> _THE TASK_: I would like each line of the data that holds the word "ensures" copied out.

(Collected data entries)
--------------------

//! The step that compares the names of a module's imports with the literals of its language.

ghost use Rattle.std.specs.Prelude.{◌≤◌, IfSome, IfNone, length};
ghost use Rattle.sx_grammar.specs.Tables.{literals_of};
ghost use Rattle.sx_interface.specs.FreeNames.{AreFree};
ghost use Rattle.sx_steps.specs.Stop.{Gives, IsNoFault};
ghost use Rattle.sx_headers.specs.FreeImports.{IsTakenAt, HasFreeImports};
ghost use Rattle.sx_headers.specs.ReadModule.{module_of};
ghost use Rattle.sx_term.specs.Limits.{most_bytes};

use crate::header_rows::row_line;
use crate::header_stops::bad_line_of_header;
use crate::module_file::ModuleFile;
use std::alloc::Global;
use sx_grammar::Grammar;
use sx_steps::StepError;
use sx_term::Text;

/// The rows that stand before the rows of names: `module` and `language`.
const ROWS_BEFORE: usize = 2;

/// The number of the first of the names that is a literal of the grammar.
fn first_taken(grammar: &Grammar, names: &[Text]) -> Option<usize>
    ensures taken { IfSome result (IsTakenAt (literals_of grammar.now.parts) names.now) }
    ensures free { IfNone result (AreFree (literals_of grammar.now.parts) names.now) }
{
    for i in 0..names.len() {
        let name = &names[i];
        match grammar.literal_number(name.bytes()) {
            Some(_) => return Some(i),
            None => {}
        }
    }
    None
}

/// No import of the module has a literal of the grammar as its name. The first that has one is
/// refused, at its line of the file, which has at most 262,144 bytes.
pub fn check_imports(
    alloc: Global,
    file: &Text,
    source: &ModuleFile,
    grammar: &Grammar,
) -> Result<(), StepError>
    requires { length source.now.bytes.items ≤ most_bytes }
    ensures step { Gives (λ done. done)
        (HasFreeImports file.now (literals_of grammar.now.parts) (module_of source.now)) result }
    ensures no_fault { IsNoFault result }
{
    match first_taken(grammar, &source.header.imports) {
        None => Ok(()),
        Some(number) => {
            let row = ROWS_BEFORE + source.header.uses.len() + number;
            let line = row_line(&source.bytes, row);
            match bad_line_of_header(alloc, file, line) {
                Ok(stop) => Err(StepError::Stopped(stop)),
                Err(_) => Err(StepError::Memory),
            }
        }
    }
}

--------------------

> _YOUR RESPONSE_:
    ensures taken { IfSome result (IsTakenAt (literals_of grammar.now.parts) names.now) }
    ensures free { IfNone result (AreFree (literals_of grammar.now.parts) names.now) }
    ensures step { Gives (λ done. done)
    ensures no_fault { IsNoFault result }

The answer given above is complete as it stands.